In spite of the battering that the residential market has taken of late, many Australians still aspire to own investment property.
When considering whether to buy new versus older property, price is only ever part of the equation.
And buying a new dwelling has numerous benefits over buying a second-hand property.
One important benefit that new homes offer investors is great capital depreciation, with up to 60% of the built cost being tax-deductible over time.
When considering a brand new investment property, and in particular, when deciding to build or purchase off the plan, it is wise to obtain advice from a depreciation specialist as early in the planning stages as possible.
That way, an investor will be aware of the best choices to make in order to maximise depreciation benefits.
For example, when a property is being built, the selection of fittings and fixtures will determine their dollar value in terms of depreciation deductions.
And this, in turn, will make a difference to the cash flow potential of a new investment property.

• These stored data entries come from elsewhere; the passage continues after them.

//! The commands by name.
ghost use Rattle.std.specs.Prelude.{◌≡◌, ◌≢◌, All, Contains, IfNone, IfSome};
ghost use Rattle.nova_words.specs.Limits.{NamesNone, name_of};
ghost use Rattle.nova_words.specs.Settings.{setting_name, settings_of};

use crate::setting::Setting;

/// What a command line begins with.
#[derive(Clone, Copy, PartialEq, Eq)]
pub enum Verb {
    Build,
    Run,
    List,
    Check,
    Test,
    Trace,
    Page,
    Forms,
    Format,
    Asm,
    Mem,
    Replay,
    Serve,
    Explain,
    Help,
    Version,
}

/// All commands, in the order of the help.
pub const VERBS: [Verb; 16] = [
    Verb::Build,
    Verb::Run,
    Verb::List,
    Verb::Check,
    Verb::Test,
    Verb::Trace,
    Verb::Page,
    Verb::Forms,
    Verb::Format,
    Verb::Asm,
    Verb::Mem,
    Verb::Replay,
    Verb::Serve,
    Verb::Explain,
    Verb::Help,
    Verb::Version,
];

impl Verb {
    /// How it is written.
    pub fn name(self) -> &'static str
        ensures { result.now ≡ name_of self }
    {
        match self {
            Verb::Build => "build",
            Verb::Run => "run",
            Verb::List => "list",
            Verb::Check => "check",
            Verb::Test => "test",
            Verb::Trace => "trace",
            Verb::Page => "page",
            Verb::Forms => "forms",
            Verb::Format => "fmt",
            Verb::Asm => "asm",
            Verb::Mem => "mem",
            Verb::Replay => "replay",
            Verb::Serve => "lsp",
            Verb::Explain => "explain",
            Verb::Help => "help",
            Verb::Version => "version",
        }
    }

    /// The command of this name.
    pub fn named(word: &str) -> Option<Verb>
        ensures some { IfSome result (λ verb. word.now ≡ name_of verb) }
        ensures none { IfNone result (NamesNone word.now) }
    {
        for verb in VERBS.iter() {
            if verb.name() == word {
                return Some(*verb);
            }
        }
        None
    }

    /// Its options.
    pub fn settings(self) -> &'static [Setting]
        ensures { result.now ≡ settings_of self }
    {
        match self {
            Verb::Build => &BUILD,
            Verb::Run => &RUN,
            Verb::List => &LIST,
            Verb::Check => &CHECK,
            Verb::Test => &TEST,
            Verb::Trace => &TRACE,
            Verb::Page => &PAGE,
            Verb::Format => &FORMAT,
            Verb::Asm => &ASM,
            Verb::Forms | Verb::Mem => &SHOWN,
            Verb::Replay => &REPLAY,
            Verb::Serve | Verb::Explain | Verb::Help | Verb::Version => &OTHER,
        }
    }

    /// Its option of this name.
    pub fn setting(self, word: &str) -> Option<Setting>
        ensures some { IfSome result (λ setting. Contains (settings_of self) setting × (word.now ≡ setting_name setting)) }
        ensures none { IfNone result (All (λ s. word.now ≢ setting_name s) (settings_of self)) }
    {
        for setting in self.settings() {
            if setting.name() == word {
                return Some(*setting);
            }
        }
        None
    }
}

const BUILD: [Setting; 11] = [
    Setting::Output,
    Setting::Report,
    Setting::Slots,
    Setting::Budget,
    Setting::Store,
    Setting::Weights,
    Setting::DenyWarnings,
    Setting::Allow,
    Setting::Json,
    Setting::Sarif,
    Setting::Help,
];

const RUN: [Setting; 8] = [
    Setting::Steps,
    Setting::Budget,
    Setting::Profile,
    Setting::Counts,
    Setting::Trace,
    Setting::Until,
    Setting::Json,
    Setting::Help,
];

const LIST: [Setting; 3] = [Setting::Budget, Setting::Json, Setting::Help];

const CHECK: [Setting; 6] = [
    Setting::Verbose,
    Setting::DenyWarnings,
    Setting::Allow,
    Setting::Json,
    Setting::Sarif,
    Setting::Help,
];

const TEST: [Setting; 10] = [
    Setting::Steps,
    Setting::Budget,
    Setting::Case,
    Setting::Update,
    Setting::Coverage,
    Setting::Interpret,
    Setting::Tap,
    Setting::Junit,
    Setting::Json,
    Setting::Help,
];

const TRACE: [Setting; 4] = [Setting::Steps, Setting::Line, Setting::Json, Setting::Help];

const REPLAY: [Setting; 11] = [
    Setting::At,
    Setting::Args,
    Setting::Length,
    Setting::Table,
    Setting::Memory,
    Setting::Keep,
    Setting::Drop,
    Setting::Steps,
    Setting::Limit,
    Setting::Json,
    Setting::Help,
];

const PAGE: [Setting; 5] = [
    Setting::Output,
    Setting::Steps,
    Setting::Budget,
    Setting::Json,
    Setting::Help,
];

const FORMAT: [Setting; 3] = [Setting::Check, Setting::Json, Setting::Help];

const ASM: [Setting; 3] = [Setting::Output, Setting::Json, Setting::Help];

const SHOWN: [Setting; 2] = [Setting::Json, Setting::Help];

const OTHER: [Setting; 1] = [Setting::Help];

Let’s look at floor coverings by way of an example – carpet, versus timber floorboards, versus tiles. For depreciation purposes, each of these is deemed to have an effective life. Carpet – 10 years; timber floorboards – 15 years; and tiles – 40 years.
A $2,000 outlay on floor coverings, for example, would result in the following depreciation benefits in the first year: Carpet – $400; timber floorboards – $267; and tiles – $50.
Similarly, for a $2,000 expenditure on lighting, ornamental lights with a five-year effective life would incur an $800 depreciation benefit in the first year, versus down lights with a 40-year effective life and a $50 depreciation benefit in the first year.
And naturally, depreciation benefits continue in subsequent years until all amounts are exhausted.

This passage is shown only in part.